— Task instructions —
Write out all of the data again, exactly as it reads.

● ● ●

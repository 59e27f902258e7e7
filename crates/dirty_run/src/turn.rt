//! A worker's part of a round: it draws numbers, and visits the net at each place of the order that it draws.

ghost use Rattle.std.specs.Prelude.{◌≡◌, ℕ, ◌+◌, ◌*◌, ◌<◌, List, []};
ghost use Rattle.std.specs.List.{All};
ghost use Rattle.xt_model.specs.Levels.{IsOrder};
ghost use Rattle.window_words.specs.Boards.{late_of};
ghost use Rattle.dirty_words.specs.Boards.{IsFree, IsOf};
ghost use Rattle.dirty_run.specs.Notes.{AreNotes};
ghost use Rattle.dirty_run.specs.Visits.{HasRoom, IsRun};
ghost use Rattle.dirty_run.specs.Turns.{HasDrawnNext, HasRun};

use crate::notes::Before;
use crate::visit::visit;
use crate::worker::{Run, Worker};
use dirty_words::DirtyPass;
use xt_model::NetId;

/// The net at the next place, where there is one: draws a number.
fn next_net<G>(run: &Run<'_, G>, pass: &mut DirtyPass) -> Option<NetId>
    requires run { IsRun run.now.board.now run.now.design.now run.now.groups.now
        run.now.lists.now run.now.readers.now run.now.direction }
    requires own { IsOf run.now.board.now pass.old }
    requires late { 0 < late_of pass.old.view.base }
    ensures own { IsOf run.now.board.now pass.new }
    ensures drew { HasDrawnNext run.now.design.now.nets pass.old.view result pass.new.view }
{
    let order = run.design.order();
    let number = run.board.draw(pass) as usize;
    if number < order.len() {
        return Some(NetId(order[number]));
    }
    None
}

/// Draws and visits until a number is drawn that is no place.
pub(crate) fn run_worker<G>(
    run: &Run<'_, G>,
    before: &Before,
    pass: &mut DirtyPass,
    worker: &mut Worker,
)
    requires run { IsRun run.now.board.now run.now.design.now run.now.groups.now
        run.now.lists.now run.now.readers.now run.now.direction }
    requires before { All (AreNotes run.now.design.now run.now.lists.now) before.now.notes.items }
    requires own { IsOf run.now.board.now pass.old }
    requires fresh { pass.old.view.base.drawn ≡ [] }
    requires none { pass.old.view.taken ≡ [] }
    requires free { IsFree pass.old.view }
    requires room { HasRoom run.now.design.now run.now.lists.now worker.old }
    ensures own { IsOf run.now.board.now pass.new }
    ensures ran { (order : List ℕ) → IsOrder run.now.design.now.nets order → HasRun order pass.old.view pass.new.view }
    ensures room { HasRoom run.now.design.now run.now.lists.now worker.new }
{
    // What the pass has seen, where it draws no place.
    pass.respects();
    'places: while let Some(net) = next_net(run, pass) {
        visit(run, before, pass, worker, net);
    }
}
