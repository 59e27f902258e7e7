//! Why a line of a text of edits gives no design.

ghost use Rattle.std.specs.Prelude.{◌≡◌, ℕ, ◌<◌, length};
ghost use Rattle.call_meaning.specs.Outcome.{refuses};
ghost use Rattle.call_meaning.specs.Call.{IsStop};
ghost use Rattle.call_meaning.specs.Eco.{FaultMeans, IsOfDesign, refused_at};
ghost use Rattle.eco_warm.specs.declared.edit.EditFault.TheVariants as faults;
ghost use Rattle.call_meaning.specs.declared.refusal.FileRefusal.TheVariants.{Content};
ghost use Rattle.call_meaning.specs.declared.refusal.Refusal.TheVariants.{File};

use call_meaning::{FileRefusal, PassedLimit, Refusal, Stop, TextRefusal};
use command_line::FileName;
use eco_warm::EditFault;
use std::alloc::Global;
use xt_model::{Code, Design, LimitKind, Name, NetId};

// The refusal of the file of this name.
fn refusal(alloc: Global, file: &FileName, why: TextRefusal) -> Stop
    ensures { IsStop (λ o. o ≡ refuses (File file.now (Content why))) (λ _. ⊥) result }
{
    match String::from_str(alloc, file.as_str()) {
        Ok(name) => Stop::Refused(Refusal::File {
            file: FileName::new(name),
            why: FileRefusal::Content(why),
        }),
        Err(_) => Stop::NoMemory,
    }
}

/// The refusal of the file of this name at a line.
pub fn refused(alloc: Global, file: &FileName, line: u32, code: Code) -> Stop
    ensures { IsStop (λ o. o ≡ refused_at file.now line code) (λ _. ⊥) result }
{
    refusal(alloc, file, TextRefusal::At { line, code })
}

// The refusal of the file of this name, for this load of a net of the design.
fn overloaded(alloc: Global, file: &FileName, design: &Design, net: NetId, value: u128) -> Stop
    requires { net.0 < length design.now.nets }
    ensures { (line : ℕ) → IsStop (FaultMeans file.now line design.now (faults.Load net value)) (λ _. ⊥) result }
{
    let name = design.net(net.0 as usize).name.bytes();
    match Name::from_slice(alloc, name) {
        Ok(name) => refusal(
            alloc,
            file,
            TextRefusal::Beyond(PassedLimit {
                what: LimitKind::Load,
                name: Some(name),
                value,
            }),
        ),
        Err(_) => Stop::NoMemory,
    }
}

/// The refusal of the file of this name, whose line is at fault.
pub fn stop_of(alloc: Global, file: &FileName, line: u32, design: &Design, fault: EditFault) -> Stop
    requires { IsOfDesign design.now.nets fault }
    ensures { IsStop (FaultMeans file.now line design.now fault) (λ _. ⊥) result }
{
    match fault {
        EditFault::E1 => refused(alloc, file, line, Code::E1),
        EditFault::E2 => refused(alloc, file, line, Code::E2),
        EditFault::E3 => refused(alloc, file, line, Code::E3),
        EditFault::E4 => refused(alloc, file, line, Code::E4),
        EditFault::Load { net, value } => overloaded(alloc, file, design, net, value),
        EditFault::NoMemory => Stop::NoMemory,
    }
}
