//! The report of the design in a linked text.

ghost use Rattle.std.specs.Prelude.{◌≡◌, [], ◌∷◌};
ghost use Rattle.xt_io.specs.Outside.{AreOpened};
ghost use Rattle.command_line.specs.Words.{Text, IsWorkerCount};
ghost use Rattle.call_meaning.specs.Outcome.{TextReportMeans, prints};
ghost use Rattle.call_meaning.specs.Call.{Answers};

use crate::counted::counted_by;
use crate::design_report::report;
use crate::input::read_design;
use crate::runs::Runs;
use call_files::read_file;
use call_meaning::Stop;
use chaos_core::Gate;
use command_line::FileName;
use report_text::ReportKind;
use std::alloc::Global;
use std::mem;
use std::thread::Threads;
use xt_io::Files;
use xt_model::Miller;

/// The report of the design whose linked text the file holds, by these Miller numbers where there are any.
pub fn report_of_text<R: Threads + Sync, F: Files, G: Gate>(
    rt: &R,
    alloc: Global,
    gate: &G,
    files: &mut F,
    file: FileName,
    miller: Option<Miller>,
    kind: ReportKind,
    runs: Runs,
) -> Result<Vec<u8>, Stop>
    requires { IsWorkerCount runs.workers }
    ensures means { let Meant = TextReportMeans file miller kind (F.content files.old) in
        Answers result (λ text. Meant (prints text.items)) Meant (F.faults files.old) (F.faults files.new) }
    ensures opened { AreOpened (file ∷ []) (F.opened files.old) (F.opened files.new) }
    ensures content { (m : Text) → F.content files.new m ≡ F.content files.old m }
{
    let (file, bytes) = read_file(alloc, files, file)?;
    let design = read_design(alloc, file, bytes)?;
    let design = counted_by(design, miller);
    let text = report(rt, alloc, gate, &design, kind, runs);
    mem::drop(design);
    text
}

● ● ●

— Solution for this exercise —
repository 59e27f902258e7e7
filename crates/dirty_run/src/turn.rt
//! A worker's part of a round: it draws numbers, and visits the net at each place of the order that it draws.

ghost use Rattle.std.specs.Prelude.{◌≡◌, ℕ, ◌+◌, ◌*◌, ◌<◌, List, []};
ghost use Rattle.std.specs.List.{All};
ghost use Rattle.xt_model.specs.Levels.{IsOrder};
ghost use Rattle.window_words.specs.Boards.{late_of};
ghost use Rattle.dirty_words.specs.Boards.{IsFree, IsOf};
ghost use Rattle.dirty_run.specs.Notes.{AreNotes};
ghost use Rattle.dirty_run.specs.Visits.{HasRoom, IsRun};
ghost use Rattle.dirty_run.specs.Turns.{HasDrawnNext, HasRun};

use crate::notes::Before;
use crate::visit::visit;
use crate::worker::{Run, Worker};
use dirty_words::DirtyPass;
use xt_model::NetId;

/// The net at the next place, where there is one: draws a number.
fn next_net<G>(run: &Run<'_, G>, pass: &mut DirtyPass) -> Option<NetId>
    requires run { IsRun run.now.board.now run.now.design.now run.now.groups.now
        run.now.lists.now run.now.readers.now run.now.direction }
    requires own { IsOf run.now.board.now pass.old }
    requires late { 0 < late_of pass.old.view.base }
    ensures own { IsOf run.now.board.now pass.new }
    ensures drew { HasDrawnNext run.now.design.now.nets pass.old.view result pass.new.view }
{
    let order = run.design.order();
    let number = run.board.draw(pass) as usize;
    if number < order.len() {
        return Some(NetId(order[number]));
    }
    None
}

/// Draws and visits until a number is drawn that is no place.
pub(crate) fn run_worker<G>(
    run: &Run<'_, G>,
    before: &Before,
    pass: &mut DirtyPass,
    worker: &mut Worker,
)
    requires run { IsRun run.now.board.now run.now.design.now run.now.groups.now
        run.now.lists.now run.now.readers.now run.now.direction }
    requires before { All (AreNotes run.now.design.now run.now.lists.now) before.now.notes.items }
    requires own { IsOf run.now.board.now pass.old }
    requires fresh { pass.old.view.base.drawn ≡ [] }
    requires none { pass.old.view.taken ≡ [] }
    requires free { IsFree pass.old.view }
    requires room { HasRoom run.now.design.now run.now.lists.now worker.old }
    ensures own { IsOf run.now.board.now pass.new }
    ensures ran { (order : List ℕ) → IsOrder run.now.design.now.nets order → HasRun order pass.old.view pass.new.view }
    ensures room { HasRoom run.now.design.now run.now.lists.now worker.new }
{
    // What the pass has seen, where it draws no place.
    pass.respects();
    'places: while let Some(net) = next_net(run, pass) {
        visit(run, before, pass, worker, net);
    }
}
repository 59e27f902258e7e7
//! Why a line of a text of edits gives no design.

ghost use Rattle.std.specs.Prelude.{◌≡◌, ℕ, ◌<◌, length};
ghost use Rattle.call_meaning.specs.Outcome.{refuses};
ghost use Rattle.call_meaning.specs.Call.{IsStop};
ghost use Rattle.call_meaning.specs.Eco.{FaultMeans, IsOfDesign, refused_at};
ghost use Rattle.eco_warm.specs.declared.edit.EditFault.TheVariants as faults;
ghost use Rattle.call_meaning.specs.declared.refusal.FileRefusal.TheVariants.{Content};
ghost use Rattle.call_meaning.specs.declared.refusal.Refusal.TheVariants.{File};

use call_meaning::{FileRefusal, PassedLimit, Refusal, Stop, TextRefusal};
use command_line::FileName;
use eco_warm::EditFault;
use std::alloc::Global;
use xt_model::{Code, Design, LimitKind, Name, NetId};

// The refusal of the file of this name.
fn refusal(alloc: Global, file: &FileName, why: TextRefusal) -> Stop
    ensures { IsStop (λ o. o ≡ refuses (File file.now (Content why))) (λ _. ⊥) result }
{
    match String::from_str(alloc, file.as_str()) {
        Ok(name) => Stop::Refused(Refusal::File {
            file: FileName::new(name),
            why: FileRefusal::Content(why),
        }),
        Err(_) => Stop::NoMemory,
    }
}

/// The refusal of the file of this name at a line.
pub fn refused(alloc: Global, file: &FileName, line: u32, code: Code) -> Stop
    ensures { IsStop (λ o. o ≡ refused_at file.now line code) (λ _. ⊥) result }
{
    refusal(alloc, file, TextRefusal::At { line, code })
}

// The refusal of the file of this name, for this load of a net of the design.
fn overloaded(alloc: Global, file: &FileName, design: &Design, net: NetId, value: u128) -> Stop
    requires { net.0 < length design.now.nets }
    ensures { (line : ℕ) → IsStop (FaultMeans file.now line design.now (faults.Load net value)) (λ _. ⊥) result }
{
    let name = design.net(net.0 as usize).name.bytes();
    match Name::from_slice(alloc, name) {
        Ok(name) => refusal(
            alloc,
            file,
            TextRefusal::Beyond(PassedLimit {
                what: LimitKind::Load,
                name: Some(name),
                value,
            }),
        ),
        Err(_) => Stop::NoMemory,
    }
}

/// The refusal of the file of this name, whose line is at fault.
pub fn stop_of(alloc: Global, file: &FileName, line: u32, design: &Design, fault: EditFault) -> Stop
    requires { IsOfDesign design.now.nets fault }
    ensures { IsStop (FaultMeans file.now line design.now fault) (λ _. ⊥) result }
{
    match fault {
        EditFault::E1 => refused(alloc, file, line, Code::E1),
        EditFault::E2 => refused(alloc, file, line, Code::E2),
        EditFault::E3 => refused(alloc, file, line, Code::E3),
        EditFault::E4 => refused(alloc, file, line, Code::E4),
        EditFault::Load { net, value } => overloaded(alloc, file, design, net, value),
        EditFault::NoMemory => Stop::NoMemory,
    }
}
//! The report of the design in a linked text.

ghost use Rattle.std.specs.Prelude.{◌≡◌, [], ◌∷◌};
ghost use Rattle.xt_io.specs.Outside.{AreOpened};
ghost use Rattle.command_line.specs.Words.{Text, IsWorkerCount};
ghost use Rattle.call_meaning.specs.Outcome.{TextReportMeans, prints};
ghost use Rattle.call_meaning.specs.Call.{Answers};

use crate::counted::counted_by;
use crate::design_report::report;
use crate::input::read_design;
use crate::runs::Runs;
use call_files::read_file;
use call_meaning::Stop;
use chaos_core::Gate;
use command_line::FileName;
use report_text::ReportKind;
use std::alloc::Global;
use std::mem;
use std::thread::Threads;
use xt_io::Files;
use xt_model::Miller;

/// The report of the design whose linked text the file holds, by these Miller numbers where there are any.
pub fn report_of_text<R: Threads + Sync, F: Files, G: Gate>(
    rt: &R,
    alloc: Global,
    gate: &G,
    files: &mut F,
    file: FileName,
    miller: Option<Miller>,
    kind: ReportKind,
    runs: Runs,
) -> Result<Vec<u8>, Stop>
    requires { IsWorkerCount runs.workers }
    ensures means { let Meant = TextReportMeans file miller kind (F.content files.old) in
        Answers result (λ text. Meant (prints text.items)) Meant (F.faults files.old) (F.faults files.new) }
    ensures opened { AreOpened (file ∷ []) (F.opened files.old) (F.opened files.new) }
    ensures content { (m : Text) → F.content files.new m ≡ F.content files.old m }
{
    let (file, bytes) = read_file(alloc, files, file)?;
    let design = read_design(alloc, file, bytes)?;
    let design = counted_by(design, miller);
    let text = report(rt, alloc, gate, &design, kind, runs);
    mem::drop(design);
    text
}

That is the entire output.